• **Work to complete**
Of the entries below, restate word for word only the section that runs from the line with "of several tasks." to the line with "(p : Parts) → OutcomeIn", counting both ends.

------------------------------------------------

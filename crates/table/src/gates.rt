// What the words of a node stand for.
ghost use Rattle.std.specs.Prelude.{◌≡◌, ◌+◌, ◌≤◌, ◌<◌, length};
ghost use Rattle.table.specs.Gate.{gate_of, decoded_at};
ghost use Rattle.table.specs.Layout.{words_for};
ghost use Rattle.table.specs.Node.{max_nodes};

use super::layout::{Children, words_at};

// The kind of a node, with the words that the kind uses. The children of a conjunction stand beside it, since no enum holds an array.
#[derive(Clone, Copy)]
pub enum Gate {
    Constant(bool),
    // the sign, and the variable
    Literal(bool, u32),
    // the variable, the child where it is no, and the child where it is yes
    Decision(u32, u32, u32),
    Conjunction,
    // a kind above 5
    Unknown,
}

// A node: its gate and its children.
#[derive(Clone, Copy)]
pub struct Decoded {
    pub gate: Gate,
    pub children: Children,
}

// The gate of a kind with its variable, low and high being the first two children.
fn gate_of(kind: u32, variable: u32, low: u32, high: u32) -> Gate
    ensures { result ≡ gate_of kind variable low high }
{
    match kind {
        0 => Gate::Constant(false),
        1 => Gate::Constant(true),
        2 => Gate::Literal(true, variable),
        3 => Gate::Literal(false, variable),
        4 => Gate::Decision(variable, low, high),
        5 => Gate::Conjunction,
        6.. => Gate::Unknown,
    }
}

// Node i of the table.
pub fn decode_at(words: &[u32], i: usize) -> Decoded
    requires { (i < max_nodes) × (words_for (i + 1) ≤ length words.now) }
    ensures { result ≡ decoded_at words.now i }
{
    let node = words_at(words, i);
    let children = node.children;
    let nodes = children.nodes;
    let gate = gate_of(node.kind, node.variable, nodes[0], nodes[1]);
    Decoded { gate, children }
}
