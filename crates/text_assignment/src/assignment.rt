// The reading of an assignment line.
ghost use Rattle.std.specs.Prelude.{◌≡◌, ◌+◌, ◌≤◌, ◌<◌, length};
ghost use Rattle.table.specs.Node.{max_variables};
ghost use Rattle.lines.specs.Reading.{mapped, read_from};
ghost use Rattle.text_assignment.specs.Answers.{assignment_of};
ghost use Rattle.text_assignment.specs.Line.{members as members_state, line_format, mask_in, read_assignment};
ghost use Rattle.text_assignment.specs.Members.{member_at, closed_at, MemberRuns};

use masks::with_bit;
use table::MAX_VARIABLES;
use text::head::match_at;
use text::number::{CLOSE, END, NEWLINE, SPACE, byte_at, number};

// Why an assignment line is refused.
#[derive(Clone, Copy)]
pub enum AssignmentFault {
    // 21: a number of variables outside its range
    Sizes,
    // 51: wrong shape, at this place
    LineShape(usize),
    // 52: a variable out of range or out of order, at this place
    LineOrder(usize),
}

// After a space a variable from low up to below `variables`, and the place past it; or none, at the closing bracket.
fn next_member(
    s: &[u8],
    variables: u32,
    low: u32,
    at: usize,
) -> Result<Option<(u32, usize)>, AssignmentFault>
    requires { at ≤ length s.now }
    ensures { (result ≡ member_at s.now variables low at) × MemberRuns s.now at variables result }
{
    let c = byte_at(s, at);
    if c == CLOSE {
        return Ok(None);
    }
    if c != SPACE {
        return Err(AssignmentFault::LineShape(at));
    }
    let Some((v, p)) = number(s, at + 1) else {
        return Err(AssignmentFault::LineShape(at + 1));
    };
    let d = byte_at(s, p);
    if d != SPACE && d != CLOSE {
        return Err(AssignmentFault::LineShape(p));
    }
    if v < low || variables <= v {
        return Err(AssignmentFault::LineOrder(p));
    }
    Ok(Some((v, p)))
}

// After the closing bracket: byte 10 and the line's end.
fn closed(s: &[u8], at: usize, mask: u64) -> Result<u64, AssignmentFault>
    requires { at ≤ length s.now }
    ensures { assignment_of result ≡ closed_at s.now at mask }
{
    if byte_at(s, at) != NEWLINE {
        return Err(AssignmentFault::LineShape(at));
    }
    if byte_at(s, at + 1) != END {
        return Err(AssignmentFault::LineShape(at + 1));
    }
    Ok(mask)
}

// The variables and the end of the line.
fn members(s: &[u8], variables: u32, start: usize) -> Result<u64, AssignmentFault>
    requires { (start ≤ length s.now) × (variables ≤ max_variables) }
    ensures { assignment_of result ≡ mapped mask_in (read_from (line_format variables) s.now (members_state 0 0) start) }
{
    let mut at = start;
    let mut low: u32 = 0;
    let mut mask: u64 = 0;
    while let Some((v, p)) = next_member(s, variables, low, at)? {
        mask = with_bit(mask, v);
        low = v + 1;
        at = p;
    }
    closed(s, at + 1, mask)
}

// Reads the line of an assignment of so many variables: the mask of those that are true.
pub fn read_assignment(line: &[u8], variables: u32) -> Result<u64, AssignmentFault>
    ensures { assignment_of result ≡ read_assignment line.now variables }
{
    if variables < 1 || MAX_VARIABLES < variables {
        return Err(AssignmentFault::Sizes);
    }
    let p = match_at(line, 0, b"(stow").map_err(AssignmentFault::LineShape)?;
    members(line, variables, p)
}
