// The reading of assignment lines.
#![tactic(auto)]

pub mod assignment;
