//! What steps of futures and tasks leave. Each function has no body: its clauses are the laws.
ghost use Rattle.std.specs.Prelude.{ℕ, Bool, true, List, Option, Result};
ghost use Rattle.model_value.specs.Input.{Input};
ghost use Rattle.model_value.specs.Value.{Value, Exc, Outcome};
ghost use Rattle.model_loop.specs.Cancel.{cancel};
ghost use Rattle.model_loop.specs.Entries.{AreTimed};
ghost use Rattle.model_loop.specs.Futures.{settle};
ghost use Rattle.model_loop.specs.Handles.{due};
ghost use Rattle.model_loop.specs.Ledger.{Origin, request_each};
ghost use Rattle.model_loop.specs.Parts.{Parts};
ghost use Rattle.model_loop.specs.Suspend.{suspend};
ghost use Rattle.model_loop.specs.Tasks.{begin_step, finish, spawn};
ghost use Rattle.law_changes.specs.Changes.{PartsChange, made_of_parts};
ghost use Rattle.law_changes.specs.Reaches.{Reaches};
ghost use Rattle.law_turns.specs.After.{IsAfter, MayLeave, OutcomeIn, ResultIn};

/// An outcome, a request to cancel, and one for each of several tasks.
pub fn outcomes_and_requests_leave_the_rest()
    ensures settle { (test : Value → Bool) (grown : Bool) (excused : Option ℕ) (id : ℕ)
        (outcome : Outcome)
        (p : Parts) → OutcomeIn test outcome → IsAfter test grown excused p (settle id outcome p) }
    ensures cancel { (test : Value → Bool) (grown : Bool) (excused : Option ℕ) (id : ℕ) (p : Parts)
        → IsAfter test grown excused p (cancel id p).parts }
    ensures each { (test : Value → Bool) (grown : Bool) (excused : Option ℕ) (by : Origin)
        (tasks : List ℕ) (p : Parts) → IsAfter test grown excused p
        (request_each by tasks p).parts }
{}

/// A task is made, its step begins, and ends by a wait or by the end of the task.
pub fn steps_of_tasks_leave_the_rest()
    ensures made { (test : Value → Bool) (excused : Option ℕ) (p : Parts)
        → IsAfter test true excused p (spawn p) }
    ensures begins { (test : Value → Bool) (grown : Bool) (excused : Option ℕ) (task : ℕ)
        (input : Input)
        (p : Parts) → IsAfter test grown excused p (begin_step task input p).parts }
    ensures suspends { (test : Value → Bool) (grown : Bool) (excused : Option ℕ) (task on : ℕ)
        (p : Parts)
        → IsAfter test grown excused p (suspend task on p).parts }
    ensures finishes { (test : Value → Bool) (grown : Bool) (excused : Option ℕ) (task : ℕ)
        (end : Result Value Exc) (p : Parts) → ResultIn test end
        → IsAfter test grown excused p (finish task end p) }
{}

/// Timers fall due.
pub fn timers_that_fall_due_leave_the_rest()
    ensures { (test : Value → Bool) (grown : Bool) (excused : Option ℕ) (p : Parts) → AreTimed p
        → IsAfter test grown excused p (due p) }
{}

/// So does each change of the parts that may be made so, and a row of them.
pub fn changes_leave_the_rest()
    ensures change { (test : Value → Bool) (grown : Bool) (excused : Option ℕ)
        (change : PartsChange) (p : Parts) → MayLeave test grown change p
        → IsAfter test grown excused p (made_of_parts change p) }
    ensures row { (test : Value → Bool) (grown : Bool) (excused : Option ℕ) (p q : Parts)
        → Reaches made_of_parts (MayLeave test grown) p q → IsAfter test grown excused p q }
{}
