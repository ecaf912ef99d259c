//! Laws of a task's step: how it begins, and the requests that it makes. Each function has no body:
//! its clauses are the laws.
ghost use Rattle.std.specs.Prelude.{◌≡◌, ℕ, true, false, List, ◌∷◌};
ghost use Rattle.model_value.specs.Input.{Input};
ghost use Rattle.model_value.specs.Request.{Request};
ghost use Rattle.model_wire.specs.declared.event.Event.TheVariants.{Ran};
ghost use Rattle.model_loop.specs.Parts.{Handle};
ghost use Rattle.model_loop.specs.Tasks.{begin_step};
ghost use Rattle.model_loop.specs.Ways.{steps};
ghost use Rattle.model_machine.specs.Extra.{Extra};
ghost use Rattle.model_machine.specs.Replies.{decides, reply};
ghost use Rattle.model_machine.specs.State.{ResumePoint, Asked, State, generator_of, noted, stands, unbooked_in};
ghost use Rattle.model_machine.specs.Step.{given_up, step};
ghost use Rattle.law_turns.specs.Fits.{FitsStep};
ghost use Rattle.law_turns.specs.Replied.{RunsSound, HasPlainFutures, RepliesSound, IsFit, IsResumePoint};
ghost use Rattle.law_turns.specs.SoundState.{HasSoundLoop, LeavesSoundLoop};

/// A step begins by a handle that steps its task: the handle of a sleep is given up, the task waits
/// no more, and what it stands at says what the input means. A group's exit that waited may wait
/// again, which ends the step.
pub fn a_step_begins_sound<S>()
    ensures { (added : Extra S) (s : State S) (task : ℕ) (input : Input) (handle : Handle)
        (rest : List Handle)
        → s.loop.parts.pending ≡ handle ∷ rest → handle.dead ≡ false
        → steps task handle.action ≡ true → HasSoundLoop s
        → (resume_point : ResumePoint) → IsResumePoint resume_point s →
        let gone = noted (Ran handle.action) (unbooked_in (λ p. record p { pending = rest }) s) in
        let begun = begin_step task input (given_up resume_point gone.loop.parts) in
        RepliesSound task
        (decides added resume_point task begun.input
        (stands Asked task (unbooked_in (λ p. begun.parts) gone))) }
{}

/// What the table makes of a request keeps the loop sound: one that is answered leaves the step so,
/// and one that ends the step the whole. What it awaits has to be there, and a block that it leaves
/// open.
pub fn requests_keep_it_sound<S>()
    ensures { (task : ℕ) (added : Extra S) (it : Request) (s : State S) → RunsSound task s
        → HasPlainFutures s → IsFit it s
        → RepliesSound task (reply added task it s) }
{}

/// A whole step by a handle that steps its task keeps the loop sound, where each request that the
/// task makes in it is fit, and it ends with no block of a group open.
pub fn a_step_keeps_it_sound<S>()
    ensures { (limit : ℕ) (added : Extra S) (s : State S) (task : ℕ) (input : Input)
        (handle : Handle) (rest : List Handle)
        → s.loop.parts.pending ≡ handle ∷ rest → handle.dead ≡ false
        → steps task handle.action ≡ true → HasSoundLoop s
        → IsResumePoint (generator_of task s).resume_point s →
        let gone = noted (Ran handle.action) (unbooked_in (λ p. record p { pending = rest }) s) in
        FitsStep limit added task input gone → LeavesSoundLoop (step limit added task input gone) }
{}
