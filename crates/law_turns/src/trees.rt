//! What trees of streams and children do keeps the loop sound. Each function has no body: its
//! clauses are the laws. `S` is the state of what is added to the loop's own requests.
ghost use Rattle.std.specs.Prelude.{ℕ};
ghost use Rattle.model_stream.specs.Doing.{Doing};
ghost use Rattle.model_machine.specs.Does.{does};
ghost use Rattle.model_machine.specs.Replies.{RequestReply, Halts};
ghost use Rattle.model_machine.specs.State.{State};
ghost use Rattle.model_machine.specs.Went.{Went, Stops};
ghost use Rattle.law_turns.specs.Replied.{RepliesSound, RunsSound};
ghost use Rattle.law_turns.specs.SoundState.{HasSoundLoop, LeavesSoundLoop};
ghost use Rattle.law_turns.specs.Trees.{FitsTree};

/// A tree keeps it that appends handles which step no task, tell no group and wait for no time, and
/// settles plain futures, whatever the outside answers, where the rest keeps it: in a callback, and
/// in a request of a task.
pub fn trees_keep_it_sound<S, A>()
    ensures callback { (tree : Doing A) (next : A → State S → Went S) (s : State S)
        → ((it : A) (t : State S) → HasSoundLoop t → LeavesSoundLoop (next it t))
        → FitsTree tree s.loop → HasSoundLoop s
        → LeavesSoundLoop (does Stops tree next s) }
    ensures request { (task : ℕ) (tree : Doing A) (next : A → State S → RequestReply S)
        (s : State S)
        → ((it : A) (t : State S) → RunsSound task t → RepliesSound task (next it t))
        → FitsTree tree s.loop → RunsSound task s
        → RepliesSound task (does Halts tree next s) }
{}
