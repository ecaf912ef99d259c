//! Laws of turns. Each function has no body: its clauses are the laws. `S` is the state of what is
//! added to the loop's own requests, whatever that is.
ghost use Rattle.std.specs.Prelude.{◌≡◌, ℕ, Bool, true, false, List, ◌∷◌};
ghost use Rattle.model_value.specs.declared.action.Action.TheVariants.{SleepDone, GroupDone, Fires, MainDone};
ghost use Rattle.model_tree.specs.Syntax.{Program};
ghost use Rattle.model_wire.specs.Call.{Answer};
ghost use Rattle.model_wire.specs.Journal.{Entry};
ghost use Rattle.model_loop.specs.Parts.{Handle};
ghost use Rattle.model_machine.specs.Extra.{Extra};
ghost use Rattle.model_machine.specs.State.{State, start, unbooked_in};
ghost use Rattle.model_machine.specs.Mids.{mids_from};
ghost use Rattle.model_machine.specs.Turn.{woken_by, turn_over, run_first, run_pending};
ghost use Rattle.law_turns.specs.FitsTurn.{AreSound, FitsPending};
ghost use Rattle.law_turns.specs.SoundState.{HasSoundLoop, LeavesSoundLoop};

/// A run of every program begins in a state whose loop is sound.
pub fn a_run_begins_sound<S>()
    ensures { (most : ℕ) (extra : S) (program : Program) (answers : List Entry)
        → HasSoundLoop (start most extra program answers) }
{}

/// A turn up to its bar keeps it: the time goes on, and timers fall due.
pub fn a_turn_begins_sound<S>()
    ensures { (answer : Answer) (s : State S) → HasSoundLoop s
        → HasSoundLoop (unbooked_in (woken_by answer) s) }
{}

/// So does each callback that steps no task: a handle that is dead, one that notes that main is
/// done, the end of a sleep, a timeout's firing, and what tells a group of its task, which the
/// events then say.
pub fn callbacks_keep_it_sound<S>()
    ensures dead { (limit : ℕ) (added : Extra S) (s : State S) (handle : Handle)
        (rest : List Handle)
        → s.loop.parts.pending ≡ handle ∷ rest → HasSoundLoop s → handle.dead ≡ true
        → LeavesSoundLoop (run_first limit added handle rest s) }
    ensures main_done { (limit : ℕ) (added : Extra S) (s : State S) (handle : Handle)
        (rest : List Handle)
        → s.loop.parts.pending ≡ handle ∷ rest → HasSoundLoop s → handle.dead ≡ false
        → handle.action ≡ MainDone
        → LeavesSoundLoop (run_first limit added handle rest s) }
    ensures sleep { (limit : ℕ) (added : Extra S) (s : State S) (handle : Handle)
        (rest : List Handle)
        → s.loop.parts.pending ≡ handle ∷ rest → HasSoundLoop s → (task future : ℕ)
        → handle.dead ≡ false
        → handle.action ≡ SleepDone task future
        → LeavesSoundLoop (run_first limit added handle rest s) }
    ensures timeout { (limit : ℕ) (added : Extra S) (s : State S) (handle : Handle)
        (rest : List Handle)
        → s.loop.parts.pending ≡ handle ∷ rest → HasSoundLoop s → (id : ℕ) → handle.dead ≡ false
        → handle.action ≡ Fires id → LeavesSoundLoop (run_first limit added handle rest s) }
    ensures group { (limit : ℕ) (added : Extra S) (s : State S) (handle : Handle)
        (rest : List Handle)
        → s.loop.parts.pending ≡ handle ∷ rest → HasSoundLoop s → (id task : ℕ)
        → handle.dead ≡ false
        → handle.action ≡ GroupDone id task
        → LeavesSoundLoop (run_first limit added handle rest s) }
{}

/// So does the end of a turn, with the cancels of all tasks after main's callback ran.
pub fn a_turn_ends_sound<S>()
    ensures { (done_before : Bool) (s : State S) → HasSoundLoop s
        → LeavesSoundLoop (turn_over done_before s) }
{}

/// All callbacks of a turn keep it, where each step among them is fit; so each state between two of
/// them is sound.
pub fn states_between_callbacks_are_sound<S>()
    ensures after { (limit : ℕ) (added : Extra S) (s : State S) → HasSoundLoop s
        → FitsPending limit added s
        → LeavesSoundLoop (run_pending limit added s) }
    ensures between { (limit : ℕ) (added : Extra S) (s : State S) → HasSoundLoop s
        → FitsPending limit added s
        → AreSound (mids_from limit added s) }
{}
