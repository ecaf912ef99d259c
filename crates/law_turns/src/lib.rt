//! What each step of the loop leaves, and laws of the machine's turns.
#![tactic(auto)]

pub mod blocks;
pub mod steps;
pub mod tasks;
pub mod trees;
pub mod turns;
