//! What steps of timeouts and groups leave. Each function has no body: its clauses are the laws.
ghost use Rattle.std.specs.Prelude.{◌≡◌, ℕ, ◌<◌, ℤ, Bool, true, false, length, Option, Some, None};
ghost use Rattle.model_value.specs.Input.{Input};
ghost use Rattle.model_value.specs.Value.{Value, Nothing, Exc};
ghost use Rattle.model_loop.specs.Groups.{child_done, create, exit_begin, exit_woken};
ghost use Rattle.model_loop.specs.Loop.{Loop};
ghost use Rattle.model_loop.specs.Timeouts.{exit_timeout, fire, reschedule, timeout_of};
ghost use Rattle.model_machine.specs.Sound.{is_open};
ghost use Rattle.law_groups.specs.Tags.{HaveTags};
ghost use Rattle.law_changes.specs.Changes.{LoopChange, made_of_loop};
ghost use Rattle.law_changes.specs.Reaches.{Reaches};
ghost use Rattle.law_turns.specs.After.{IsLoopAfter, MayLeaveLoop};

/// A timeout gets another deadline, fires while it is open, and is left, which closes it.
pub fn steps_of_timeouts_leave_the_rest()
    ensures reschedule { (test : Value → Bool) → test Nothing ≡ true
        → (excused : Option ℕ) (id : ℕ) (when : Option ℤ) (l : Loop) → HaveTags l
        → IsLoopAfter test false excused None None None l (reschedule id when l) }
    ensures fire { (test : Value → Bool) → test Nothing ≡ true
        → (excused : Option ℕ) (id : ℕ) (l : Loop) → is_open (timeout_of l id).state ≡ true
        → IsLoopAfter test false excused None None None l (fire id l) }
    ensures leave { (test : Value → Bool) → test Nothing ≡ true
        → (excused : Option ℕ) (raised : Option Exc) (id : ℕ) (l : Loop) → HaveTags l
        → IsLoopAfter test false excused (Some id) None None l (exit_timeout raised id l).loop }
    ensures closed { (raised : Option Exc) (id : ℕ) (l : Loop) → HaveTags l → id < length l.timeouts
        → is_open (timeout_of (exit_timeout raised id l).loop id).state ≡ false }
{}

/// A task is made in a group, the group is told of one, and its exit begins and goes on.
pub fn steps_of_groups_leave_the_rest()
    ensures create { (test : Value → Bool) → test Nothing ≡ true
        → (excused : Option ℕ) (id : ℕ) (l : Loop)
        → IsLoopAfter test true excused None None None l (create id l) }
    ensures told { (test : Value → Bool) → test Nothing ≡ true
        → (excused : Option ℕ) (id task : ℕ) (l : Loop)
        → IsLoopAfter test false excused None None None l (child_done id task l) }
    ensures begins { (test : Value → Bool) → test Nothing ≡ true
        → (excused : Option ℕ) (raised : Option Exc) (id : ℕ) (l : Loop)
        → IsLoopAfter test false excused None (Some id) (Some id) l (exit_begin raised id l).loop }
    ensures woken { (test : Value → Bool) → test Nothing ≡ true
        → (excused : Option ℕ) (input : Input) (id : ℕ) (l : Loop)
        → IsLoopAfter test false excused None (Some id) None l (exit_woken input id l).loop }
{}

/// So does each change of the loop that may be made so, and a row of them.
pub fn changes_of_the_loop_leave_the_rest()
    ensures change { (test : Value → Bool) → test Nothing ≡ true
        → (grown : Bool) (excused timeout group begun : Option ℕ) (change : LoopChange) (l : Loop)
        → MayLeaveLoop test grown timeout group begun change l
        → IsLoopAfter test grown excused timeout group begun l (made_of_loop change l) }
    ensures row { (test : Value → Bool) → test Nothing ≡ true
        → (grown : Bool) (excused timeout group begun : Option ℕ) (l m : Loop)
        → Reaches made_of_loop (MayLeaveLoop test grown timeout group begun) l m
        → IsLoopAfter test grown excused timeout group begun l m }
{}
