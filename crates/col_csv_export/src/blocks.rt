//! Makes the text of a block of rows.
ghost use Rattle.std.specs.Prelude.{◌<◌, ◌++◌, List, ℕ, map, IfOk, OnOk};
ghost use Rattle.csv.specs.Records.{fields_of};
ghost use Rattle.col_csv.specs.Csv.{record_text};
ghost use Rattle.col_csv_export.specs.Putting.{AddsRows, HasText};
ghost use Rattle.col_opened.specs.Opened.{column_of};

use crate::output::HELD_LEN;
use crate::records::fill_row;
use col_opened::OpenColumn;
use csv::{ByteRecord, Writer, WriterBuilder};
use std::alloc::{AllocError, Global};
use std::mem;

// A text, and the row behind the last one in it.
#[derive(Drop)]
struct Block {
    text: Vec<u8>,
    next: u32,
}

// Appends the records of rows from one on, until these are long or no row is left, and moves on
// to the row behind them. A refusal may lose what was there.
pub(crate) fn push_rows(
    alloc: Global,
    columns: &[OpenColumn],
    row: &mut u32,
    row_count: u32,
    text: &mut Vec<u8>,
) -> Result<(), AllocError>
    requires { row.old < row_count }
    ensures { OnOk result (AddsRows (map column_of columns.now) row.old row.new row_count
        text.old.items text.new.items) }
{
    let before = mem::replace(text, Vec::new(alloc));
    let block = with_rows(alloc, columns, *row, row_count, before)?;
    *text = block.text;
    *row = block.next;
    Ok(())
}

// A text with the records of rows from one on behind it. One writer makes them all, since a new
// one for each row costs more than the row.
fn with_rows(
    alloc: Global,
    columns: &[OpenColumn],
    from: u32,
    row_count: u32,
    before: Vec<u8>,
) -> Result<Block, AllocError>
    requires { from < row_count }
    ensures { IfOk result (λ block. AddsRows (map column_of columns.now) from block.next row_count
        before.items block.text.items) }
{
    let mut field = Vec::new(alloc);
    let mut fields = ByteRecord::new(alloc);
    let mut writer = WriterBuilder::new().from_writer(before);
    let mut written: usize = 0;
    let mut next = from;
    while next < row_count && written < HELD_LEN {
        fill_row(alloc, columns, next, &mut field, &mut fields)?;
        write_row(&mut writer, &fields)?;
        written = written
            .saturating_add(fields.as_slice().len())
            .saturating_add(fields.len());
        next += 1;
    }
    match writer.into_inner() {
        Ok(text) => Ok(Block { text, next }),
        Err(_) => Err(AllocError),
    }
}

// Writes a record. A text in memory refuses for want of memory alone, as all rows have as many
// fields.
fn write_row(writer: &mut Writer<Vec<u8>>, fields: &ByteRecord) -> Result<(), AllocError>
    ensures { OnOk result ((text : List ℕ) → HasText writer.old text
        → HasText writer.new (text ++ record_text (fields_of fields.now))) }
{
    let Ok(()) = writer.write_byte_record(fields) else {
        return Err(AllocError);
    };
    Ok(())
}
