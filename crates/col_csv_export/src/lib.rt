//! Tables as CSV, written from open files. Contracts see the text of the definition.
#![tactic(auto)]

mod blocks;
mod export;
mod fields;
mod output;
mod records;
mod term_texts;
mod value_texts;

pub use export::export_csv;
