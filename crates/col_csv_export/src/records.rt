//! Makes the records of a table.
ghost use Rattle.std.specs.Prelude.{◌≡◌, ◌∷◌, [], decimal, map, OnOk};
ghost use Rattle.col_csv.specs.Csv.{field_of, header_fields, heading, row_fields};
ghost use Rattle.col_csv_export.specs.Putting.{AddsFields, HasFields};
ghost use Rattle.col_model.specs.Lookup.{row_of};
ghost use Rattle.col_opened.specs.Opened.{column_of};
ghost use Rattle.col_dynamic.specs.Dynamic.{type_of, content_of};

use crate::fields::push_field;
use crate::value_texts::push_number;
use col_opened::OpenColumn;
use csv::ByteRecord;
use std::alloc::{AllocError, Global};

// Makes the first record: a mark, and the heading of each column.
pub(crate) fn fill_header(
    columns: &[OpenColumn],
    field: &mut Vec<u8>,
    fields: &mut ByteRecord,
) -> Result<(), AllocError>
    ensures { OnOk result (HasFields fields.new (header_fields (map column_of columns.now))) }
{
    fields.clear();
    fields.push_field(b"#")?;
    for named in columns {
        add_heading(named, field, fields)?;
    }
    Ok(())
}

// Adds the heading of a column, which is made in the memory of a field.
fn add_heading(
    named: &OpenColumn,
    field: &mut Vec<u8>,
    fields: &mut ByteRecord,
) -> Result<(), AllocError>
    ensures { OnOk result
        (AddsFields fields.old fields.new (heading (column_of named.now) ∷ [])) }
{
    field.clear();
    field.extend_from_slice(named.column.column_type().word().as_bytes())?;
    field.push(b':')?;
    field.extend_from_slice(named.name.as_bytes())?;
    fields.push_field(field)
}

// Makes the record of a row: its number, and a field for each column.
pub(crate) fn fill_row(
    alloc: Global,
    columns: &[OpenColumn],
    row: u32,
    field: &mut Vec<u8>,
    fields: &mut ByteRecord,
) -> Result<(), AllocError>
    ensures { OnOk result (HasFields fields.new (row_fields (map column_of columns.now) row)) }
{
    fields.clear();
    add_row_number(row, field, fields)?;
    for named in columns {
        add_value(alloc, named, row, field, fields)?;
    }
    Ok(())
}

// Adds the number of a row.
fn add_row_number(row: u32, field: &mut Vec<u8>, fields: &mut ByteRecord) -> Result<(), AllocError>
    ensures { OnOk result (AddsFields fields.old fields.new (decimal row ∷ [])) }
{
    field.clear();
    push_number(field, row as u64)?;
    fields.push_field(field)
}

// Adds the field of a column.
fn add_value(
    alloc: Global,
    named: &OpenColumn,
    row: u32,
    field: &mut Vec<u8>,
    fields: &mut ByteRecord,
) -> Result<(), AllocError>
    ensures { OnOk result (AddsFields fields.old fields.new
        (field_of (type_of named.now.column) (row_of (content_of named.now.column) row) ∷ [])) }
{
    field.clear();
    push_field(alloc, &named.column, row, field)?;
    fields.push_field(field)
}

------------------------------------------------

• **Output for this task**
/// An outcome, a request to cancel, and one for each of several tasks.
pub fn outcomes_and_requests_leave_the_rest()
    ensures settle { (test : Value → Bool) (grown : Bool) (excused : Option ℕ) (id : ℕ)
        (outcome : Outcome)
        (p : Parts) → OutcomeIn test outcome → IsAfter test grown excused p (settle id outcome p) }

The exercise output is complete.